Bay Reflection
Forgive the Past;
Create the Future. Here.
by Constance C. Harold


When I first arrived in Annapolis 10 years ago, I gravitated to the City Dock to bask in the bright rose-colored autumn light. I tried to imagine how this deep-water port must have looked 200 or 300 years ago when tall ships crowded the harbor and George Washington regularly rode the ferry from Baltimore to Annapolis.

I tried to visualize what it must have been like to find myself in the hold of one of those infamous ships, an African captive or indentured English servant, docking at the portal of a brutal, uncertain future.

For there before me, embedded in the cobbled ground, was a tarnished slab of bronze that announced that here, in 1767, the slaving ship Lord Ligonier had deposited Kunta Kinte, the African whose story was told by his descendent Alex Haley in the blockbuster book and television miniseries, Roots. A rectangle of greening metal, unnoticed and ignored by visitors and residents alike, was all that commemorated this African who had a vision and told his story to his children and they to theirs until it became our story of an American family and the American dream.

And I tried to see what he saw, this almost mythical man, Kunta Kinte, when the sunlight pierced his sight after all those months in darkness. In his mind's eye, could he see what would happen 230 years after his arrival when his descendent and the descendent of the man who auctioned him off would stand together in commemoration of his arrival and shake hands, to forgive the past and create hope for a common future?

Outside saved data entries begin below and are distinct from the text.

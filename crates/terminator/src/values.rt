//! The flat list of values.
ghost use Rattle.std.specs.Prelude.{◌≡◌, ◌≤◌, ◌+◌, ◌-◌, drop, length, min, take, vec_capacity, IsOk, OnOk};
ghost use Rattle.terminator.specs.Table.{written};

use crate::value::DriverValue;
use command_tables::NoMemory;

// A place in the list has 32 bits.
const MOST: usize = 4294967295;

/// Makes room for so many further values, where their places fit.
pub fn make_room(flat: &mut Vec<DriverValue>, n: usize) -> Result<(), NoMemory>
    ensures items { flat.new.items ≡ flat.old.items }
    ensures ok { OnOk result (n ≤ min (vec_capacity flat.new) 4294967295 - length flat.old.items) }
    ensures capacity { vec_capacity flat.old ≤ vec_capacity flat.new }
    ensures succeeds { n ≤ min (vec_capacity flat.old) 4294967295 - length flat.old.items → IsOk result }
{
    if n > MOST.saturating_sub(flat.len()) {
        return Err(NoMemory);
    }
    Ok(flat.reserve(n)?)
}

/// Puts values in the place of those from `start` on.
pub fn write(flat: &mut Vec<DriverValue>, start: usize, values: &[DriverValue])
    requires { start + length values.now ≤ length flat.old.items }
    ensures items { flat.new.items ≡ written flat.old.items start values.now }
    ensures capacity { vec_capacity flat.new ≡ vec_capacity flat.old }
{
    for (k, value) in values.iter().enumerate() {
        flat[start + k] = *value;
    }
}

/// So many values from a place on.
pub fn span(flat: &[DriverValue], start: usize, len: usize) -> &[DriverValue]
    requires { start + len ≤ length flat.now }
    ensures { result.now ≡ take len (drop start flat.now) }
{
    &flat[start..start + len]
}
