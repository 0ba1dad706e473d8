// What a return asks of its call.
ghost use Rattle.std.specs.Prelude.{◌≡◌};
ghost use Rattle.replay_model.specs.Past.{is_skipped};
ghost use Rattle.session_parts.specs.Opened.{returning_shown};

use command_tables::{Code, CommandId};
use object_model::Argument;
use trace_format::Name;

/// What a return asks of its call. It is lent by an open call, or by the call's begin and what its names stand for.
#[derive(Clone, Copy)]
pub struct ReturningCall<'a> {
    pub number: u64,
    pub thread: u32,
    pub cmd: CommandId,
    pub args: &'a [Vec<Argument>],
    pub results: &'a [Name],
    pub code: Option<Code>,
    pub payload: &'a [u8],
    /// The place that stopped the call.
    pub stop: Option<u32>,
    /// Whether its chain is refused.
    pub refused: bool,
    pub drivers: &'a [u32],
}

/// Whether such a call was skipped.
pub(crate) fn was_skipped(call: ReturningCall<'_>) -> bool
    ensures { result ≡ is_skipped (returning_shown call.entry) }
{
    call.refused || call.stop.is_some()
}
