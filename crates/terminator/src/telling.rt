//! What a driver is told.
ghost use Rattle.std.specs.Prelude.{◌≡◌, ◌<◌, [], map, length, unwrap_or, slice_set, IsOk, OnOk};
ghost use Rattle.command_tables.specs.Calls.{HasRoomFor, call_content};
ghost use Rattle.command_tables.specs.Handles.{HasRoom, list_at};
ghost use Rattle.command_tables.specs.Table.{seen_param};
ghost use Rattle.handle_map.specs.Pairs.{values_of};
ghost use Rattle.layer_model.specs.Terminator.{told_call, told_handles, told_params};
ghost use Rattle.model_driver.specs.Driver.{call_shown};
ghost use Rattle.object_model.specs.Values.{asked_of_each, value_for};
ghost use Rattle.terminator.specs.Calls.{KeepsCallRoom};

use crate::answers::enumerates_devices;
use crate::bare::is_bare;
use crate::issued::IssuedIds;
use crate::value::value_for;
use command_tables::{CommandId, HandleArgs, LayerCall, NoMemory, ObjectType, Param, row};
use model_driver::DriverCall;

// The handles of one parameter are replaced by the driver's values.
fn replace(issued: &IssuedIds, driver: u32, ty: ObjectType, args: &mut HandleArgs<6>, p: usize)
    requires { p < length args.old.lists }
    ensures lists { args.new.lists ≡ slice_set args.old.lists p (map (λ h. value_for driver (unwrap_or (values_of issued.now.ids.entries ty h) [])) (list_at args.old.lists p)) }
    ensures room { HasRoom args.new args.old.slots args.old.room }
{
    for k in 0..args.param(p).len() {
        let handle = args.param(p)[k];
        args.set(p, k, value_for(driver, issued.values(ty, handle)));
    }
}

// One parameter is told, where the terminator issues ids for its type.
#[tactic(auto, using(crate::proofs::Places::own, crate::proofs::Places::set_beyond))]
fn tell_param(issued: &IssuedIds, driver: u32, ty: ObjectType, args: &mut HandleArgs<6>, p: usize)
    ensures lists { args.new.lists ≡ slice_set args.old.lists p (told_handles issued.now.ids driver ty (list_at args.old.lists p)) }
    ensures room { HasRoom args.new args.old.slots args.old.room }
{
    if p < args.len() && is_bare(ty) {
        replace(issued, driver, ty, args, p);
    }
}

// All parameters are.
fn tell_params(issued: &IssuedIds, driver: u32, params: &[Param], args: &mut HandleArgs<6>)
    ensures lists { args.new.lists ≡ told_params issued.now.ids driver (map seen_param params.now) args.old.lists }
    ensures room { HasRoom args.new args.old.slots args.old.room }
{
    for p in 0..params.len() {
        tell_param(issued, driver, params[p].ty, args, p);
    }
}

// How many handles each driver is asked for.
fn asked_of_each(cmd: CommandId, asked: u32) -> u32
    ensures { result ≡ asked_of_each cmd asked }
{
    if enumerates_devices(cmd) { 1 } else { asked }
}

/// A driver's call becomes what it is told of this one. After `NoMemory`, which comes only where there was no room for it, anything
/// stands there. No room is lost.
pub fn tell(
    issued: &IssuedIds,
    call: &LayerCall,
    driver: u32,
    told: &mut DriverCall,
) -> Result<(), NoMemory>
    ensures told { OnOk result (call_shown told.new ≡ told_call issued.now.ids (call_content call.now) driver) }
    ensures succeeds { HasRoomFor told.old.body (call_content call.now) → IsOk result }
    ensures room { KeepsCallRoom told.old.body told.new.body }
{
    told.body.copy_from(call)?;
    tell_params(issued, driver, row(call.cmd).params, &mut told.body.args);
    told.body.asked = asked_of_each(call.cmd, call.asked);
    told.driver = driver;
    Ok(())
}
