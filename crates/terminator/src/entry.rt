// The entries of what is kept.
ghost use Rattle.std.specs.Prelude.{◌≡◌, ◌≤◌};

use command_tables::ObjectType;
use object_model::Object;

/// An id, which is one more than the place of its entry, in 16 bytes: its type, the driver behind it where it has one of its own, and where
/// its values stand.
#[derive(Clone, Copy)]
pub struct IdEntry {
    pub ty: ObjectType,
    pub driver: u32,
    pub start: u32,
    pub len: u32,
}

const _: () = prove!(size_of::<IdEntry>() == 16);

/// The entry whose values are so many from a place on.
pub fn entry_at(ty: ObjectType, driver: u32, start: usize, len: usize) -> IdEntry
    requires start { start ≤ 4294967295 }
    requires len { len ≤ 4294967295 }
    ensures { result ≡ record { ty = ty; driver = driver; start = start; len = len } }
{
    IdEntry {
        ty,
        driver,
        start: start as u32,
        len: len as u32,
    }
}

/// The entry with so many values in its place.
pub fn with_len(entry: IdEntry, len: usize) -> IdEntry
    requires { len ≤ entry.len }
    ensures { result ≡ record entry { len = len } }
{
    IdEntry {
        len: len as u32,
        ..entry
    }
}

/// The id of a retrieved object with its key: the owner, the type, the place in the answer, and where the payload stands.
#[derive(Clone, Copy)]
pub struct KeptEntry {
    pub owner: Option<Object>,
    pub ty: ObjectType,
    pub place: usize,
    pub start: usize,
    pub len: usize,
    pub id: u64,
    /// One more than the place of the owner's next entry, which is an earlier one; 0 at its end.
    pub next: usize,
}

And for a moment, I could see all those yet to be born who will one day stand upon that very spot and judge us if we hesitate or turn away or step forward toward the challenge that calls to us now. For surely it is possible for the festering wounds of centuries to finally receive the balm of our understanding, and the sty that has perpetually blinded us to our common humanity can at last be removed from our sight.

Stand in this place. Look upon the Bay. This mother of waters nourishes us with her bounty even as we slowly poison her. Who are we to judge?

President Bill Clinton has called on the nation to begin a dialogue on race. Let us begin here. Let us recognize in our immigrant past the seeds of both our current racial dilemma and the opportunity to reconcile our actions with our ideals as embodied in the Constitution and the Bill of Rights. For whether our ancestors arrived in the cabin or the cargo, we can emerge from this long dark night of divisiveness into the light of reconciliation, together.

Have we the vision, the courage to cross the threshold?

For it is vision that we now need as the door to this century closes and the portal to a new century beckons. Who has the vision to create the forgiveness, the healing, the joining of all of the people so that the dream of our ancestors can finally be brought to fruition?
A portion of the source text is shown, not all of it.